PROBLEM :: State the number of lines in the material below that contain the word "filename", without any other text.

DATA RECORDS ::
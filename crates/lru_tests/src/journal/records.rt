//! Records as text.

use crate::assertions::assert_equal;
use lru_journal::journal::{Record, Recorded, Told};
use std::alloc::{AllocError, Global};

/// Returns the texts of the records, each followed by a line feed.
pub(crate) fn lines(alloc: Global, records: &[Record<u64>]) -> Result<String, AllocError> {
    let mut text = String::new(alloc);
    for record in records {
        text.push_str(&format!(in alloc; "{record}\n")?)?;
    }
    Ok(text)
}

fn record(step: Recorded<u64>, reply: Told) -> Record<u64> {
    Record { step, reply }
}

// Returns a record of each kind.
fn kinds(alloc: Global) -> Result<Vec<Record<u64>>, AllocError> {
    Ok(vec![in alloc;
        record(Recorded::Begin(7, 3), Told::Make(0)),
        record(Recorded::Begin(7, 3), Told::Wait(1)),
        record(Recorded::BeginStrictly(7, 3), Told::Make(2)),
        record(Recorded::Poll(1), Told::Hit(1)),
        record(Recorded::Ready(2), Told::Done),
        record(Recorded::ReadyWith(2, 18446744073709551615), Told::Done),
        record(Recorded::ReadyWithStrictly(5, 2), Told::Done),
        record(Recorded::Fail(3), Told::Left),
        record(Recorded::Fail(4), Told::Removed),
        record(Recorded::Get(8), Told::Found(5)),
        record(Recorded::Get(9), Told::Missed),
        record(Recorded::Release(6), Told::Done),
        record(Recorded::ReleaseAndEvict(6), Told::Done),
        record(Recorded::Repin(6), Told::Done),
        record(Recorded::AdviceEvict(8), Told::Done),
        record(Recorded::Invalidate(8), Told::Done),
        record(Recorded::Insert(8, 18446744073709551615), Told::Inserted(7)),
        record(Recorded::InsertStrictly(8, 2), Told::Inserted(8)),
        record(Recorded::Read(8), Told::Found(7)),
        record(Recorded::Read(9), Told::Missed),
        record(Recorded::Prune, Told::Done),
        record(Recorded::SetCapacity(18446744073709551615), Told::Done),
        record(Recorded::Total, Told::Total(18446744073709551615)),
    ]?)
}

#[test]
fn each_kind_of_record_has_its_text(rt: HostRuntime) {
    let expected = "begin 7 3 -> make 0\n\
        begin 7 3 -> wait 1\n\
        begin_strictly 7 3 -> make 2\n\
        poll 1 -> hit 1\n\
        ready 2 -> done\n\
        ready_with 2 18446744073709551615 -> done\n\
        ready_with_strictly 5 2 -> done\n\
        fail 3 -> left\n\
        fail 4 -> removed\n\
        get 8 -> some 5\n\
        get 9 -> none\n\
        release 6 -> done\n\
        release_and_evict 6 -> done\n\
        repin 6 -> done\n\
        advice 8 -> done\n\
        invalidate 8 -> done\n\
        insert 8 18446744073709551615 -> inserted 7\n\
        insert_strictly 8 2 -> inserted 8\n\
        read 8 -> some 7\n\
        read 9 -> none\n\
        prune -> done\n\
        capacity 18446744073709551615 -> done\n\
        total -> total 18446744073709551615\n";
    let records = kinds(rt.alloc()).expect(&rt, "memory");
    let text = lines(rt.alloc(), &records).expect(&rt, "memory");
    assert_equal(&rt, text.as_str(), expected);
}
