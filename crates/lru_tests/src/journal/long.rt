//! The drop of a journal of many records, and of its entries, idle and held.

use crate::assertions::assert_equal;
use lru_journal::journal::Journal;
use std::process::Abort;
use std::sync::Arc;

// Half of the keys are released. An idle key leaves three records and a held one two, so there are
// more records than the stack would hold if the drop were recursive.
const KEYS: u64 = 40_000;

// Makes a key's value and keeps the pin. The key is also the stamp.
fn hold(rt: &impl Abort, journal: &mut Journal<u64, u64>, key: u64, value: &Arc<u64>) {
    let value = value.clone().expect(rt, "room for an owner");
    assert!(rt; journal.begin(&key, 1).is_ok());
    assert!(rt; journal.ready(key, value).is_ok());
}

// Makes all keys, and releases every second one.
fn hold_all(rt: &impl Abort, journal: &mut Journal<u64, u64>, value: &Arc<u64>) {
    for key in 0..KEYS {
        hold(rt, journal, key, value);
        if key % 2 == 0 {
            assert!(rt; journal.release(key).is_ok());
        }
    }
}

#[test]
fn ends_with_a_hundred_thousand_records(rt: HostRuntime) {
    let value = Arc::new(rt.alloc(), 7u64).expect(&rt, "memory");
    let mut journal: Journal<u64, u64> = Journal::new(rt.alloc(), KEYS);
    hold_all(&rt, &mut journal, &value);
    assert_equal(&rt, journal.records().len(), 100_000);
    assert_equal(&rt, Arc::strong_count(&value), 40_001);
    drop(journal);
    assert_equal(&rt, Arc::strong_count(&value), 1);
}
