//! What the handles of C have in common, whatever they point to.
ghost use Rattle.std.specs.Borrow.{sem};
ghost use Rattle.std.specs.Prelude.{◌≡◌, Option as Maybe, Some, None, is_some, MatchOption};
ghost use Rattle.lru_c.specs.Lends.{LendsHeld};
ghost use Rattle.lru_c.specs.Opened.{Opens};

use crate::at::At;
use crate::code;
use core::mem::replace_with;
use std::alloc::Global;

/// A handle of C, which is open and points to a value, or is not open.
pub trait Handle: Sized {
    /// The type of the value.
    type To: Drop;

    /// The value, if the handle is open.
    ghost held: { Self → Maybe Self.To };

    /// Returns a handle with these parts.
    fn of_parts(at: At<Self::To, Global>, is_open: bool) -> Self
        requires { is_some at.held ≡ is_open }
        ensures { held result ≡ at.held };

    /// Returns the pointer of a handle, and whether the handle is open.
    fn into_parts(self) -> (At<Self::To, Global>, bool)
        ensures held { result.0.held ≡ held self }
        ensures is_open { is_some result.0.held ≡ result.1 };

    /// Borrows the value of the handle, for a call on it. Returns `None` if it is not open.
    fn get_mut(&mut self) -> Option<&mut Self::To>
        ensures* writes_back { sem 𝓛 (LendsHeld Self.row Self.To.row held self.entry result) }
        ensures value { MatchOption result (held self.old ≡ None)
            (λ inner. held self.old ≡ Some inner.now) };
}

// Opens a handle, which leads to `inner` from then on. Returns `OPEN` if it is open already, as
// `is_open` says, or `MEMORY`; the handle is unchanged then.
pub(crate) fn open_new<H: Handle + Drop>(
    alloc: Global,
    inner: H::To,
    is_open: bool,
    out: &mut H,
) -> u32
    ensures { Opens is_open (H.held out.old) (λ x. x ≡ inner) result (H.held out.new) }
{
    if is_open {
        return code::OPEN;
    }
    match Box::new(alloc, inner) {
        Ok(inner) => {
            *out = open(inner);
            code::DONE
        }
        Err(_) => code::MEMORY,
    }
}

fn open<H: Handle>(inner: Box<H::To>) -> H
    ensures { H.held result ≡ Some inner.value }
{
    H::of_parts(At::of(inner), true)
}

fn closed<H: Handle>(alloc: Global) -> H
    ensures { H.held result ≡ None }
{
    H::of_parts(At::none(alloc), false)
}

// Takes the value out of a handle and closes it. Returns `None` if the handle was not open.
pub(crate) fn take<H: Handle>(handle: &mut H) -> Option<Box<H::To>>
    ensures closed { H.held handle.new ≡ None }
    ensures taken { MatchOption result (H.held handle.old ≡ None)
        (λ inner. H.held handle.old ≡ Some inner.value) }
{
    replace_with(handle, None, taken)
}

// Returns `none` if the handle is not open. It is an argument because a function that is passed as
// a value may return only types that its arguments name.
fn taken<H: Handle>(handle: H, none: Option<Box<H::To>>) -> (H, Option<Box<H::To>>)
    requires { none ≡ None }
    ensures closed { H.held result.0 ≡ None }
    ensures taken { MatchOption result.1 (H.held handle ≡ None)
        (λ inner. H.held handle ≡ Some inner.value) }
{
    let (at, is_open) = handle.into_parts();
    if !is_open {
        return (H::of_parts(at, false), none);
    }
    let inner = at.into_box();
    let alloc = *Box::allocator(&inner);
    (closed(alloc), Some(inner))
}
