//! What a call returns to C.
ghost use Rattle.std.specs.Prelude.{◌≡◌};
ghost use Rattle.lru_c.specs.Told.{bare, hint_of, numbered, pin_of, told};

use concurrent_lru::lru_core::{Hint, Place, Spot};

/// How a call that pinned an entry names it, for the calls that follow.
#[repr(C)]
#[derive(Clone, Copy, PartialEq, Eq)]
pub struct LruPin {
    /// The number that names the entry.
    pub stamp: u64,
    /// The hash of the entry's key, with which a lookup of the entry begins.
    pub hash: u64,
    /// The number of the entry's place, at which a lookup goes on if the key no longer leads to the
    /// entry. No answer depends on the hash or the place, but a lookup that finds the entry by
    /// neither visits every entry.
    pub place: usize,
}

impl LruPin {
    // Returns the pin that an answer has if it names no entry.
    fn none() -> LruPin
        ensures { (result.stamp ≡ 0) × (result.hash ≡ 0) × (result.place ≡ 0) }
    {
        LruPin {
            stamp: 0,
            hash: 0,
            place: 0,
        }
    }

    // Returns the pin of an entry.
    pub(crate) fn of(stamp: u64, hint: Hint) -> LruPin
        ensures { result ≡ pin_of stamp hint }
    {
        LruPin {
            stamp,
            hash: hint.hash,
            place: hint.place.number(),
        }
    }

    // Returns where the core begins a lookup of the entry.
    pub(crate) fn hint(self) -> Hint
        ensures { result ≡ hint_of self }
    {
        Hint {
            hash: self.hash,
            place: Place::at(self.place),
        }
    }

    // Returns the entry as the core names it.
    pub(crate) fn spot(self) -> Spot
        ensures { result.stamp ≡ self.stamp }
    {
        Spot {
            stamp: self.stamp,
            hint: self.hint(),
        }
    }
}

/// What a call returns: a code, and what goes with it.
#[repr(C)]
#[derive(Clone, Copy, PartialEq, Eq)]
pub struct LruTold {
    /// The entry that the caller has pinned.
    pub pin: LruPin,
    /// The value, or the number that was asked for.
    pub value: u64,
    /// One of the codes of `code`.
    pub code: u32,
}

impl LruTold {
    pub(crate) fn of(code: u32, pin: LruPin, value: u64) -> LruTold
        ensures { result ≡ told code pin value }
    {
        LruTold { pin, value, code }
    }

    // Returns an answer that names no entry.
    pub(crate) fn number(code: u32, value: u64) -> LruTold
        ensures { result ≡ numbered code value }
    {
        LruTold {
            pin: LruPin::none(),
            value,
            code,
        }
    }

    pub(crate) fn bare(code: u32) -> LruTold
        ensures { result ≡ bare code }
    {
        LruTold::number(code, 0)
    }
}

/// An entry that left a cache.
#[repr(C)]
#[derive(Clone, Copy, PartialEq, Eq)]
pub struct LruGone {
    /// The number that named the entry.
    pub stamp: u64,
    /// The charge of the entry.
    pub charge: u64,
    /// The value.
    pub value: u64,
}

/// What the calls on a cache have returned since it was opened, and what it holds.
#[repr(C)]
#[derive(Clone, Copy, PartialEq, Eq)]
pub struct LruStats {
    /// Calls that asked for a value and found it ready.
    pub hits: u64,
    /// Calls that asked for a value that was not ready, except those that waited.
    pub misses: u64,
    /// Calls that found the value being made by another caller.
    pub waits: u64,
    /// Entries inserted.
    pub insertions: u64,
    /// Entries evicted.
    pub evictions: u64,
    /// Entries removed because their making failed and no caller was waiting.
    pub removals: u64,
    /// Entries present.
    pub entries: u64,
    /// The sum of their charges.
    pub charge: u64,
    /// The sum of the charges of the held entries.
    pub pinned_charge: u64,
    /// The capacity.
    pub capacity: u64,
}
==
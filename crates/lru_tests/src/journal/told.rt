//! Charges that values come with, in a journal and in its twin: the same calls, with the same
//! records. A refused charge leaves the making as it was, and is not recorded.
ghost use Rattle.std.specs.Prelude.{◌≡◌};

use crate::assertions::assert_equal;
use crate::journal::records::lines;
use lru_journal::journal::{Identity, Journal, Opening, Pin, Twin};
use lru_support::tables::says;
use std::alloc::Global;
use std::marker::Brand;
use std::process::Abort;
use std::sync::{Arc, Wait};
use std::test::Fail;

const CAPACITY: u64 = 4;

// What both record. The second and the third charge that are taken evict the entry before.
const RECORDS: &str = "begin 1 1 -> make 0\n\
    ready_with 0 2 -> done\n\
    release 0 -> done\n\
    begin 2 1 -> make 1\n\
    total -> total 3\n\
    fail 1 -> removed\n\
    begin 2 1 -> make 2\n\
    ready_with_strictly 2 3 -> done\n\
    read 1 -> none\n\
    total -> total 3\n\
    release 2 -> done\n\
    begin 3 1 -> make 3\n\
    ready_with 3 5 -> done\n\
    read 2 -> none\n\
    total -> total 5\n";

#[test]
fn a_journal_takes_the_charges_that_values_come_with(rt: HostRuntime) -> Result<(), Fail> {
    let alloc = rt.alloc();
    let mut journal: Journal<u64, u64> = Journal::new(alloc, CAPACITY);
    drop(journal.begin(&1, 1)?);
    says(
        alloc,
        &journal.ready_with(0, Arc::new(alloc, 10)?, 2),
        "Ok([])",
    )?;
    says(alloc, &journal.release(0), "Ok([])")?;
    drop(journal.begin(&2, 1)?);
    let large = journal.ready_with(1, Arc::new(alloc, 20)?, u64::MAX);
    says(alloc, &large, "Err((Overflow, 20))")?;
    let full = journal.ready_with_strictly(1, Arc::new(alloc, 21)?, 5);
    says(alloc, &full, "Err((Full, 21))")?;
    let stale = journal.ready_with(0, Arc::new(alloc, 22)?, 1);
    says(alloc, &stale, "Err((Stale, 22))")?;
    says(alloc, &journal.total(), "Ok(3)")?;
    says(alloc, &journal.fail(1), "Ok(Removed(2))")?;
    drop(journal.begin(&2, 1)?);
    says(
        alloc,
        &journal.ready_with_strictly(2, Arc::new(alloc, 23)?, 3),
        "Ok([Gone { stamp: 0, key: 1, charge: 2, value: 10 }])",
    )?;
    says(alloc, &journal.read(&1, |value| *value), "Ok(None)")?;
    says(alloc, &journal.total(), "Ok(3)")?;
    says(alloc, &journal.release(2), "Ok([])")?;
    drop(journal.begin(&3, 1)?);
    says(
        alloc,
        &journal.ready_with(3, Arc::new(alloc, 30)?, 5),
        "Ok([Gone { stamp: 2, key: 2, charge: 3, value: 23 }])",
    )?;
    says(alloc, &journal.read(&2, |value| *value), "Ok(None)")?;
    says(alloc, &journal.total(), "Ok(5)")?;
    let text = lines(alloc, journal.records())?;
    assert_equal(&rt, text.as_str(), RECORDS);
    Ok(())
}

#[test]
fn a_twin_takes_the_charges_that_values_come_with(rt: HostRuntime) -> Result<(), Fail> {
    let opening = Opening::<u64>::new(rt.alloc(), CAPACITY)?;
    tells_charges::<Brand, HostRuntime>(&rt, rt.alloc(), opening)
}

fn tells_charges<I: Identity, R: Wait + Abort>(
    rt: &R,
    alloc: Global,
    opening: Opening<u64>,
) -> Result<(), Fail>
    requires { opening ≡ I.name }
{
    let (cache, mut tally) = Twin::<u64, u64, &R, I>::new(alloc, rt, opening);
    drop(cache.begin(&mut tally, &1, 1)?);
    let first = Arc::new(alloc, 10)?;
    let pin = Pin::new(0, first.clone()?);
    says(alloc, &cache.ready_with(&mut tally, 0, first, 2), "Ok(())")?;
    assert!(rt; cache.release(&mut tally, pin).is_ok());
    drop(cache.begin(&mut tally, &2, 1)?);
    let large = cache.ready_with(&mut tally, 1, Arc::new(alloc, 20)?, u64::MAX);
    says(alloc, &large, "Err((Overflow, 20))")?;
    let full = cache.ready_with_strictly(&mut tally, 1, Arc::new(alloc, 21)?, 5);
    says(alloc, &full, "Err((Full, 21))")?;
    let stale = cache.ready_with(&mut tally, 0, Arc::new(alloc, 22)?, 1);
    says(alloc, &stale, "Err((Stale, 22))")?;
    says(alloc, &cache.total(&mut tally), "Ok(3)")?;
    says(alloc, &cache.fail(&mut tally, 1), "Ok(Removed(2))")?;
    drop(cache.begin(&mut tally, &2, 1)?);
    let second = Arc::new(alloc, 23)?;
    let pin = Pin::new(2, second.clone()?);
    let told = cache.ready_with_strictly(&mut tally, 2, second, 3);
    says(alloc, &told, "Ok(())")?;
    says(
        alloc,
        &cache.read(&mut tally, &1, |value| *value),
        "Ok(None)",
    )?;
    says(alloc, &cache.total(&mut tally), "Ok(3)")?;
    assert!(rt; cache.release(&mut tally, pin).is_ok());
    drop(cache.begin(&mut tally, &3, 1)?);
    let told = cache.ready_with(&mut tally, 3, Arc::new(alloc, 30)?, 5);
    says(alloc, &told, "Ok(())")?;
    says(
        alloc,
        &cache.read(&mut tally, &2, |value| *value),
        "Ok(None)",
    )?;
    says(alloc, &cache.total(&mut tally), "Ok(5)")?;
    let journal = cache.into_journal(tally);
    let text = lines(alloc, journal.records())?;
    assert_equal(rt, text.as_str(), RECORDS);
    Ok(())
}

RESPONSE FOR THIS EXERCISE :: 3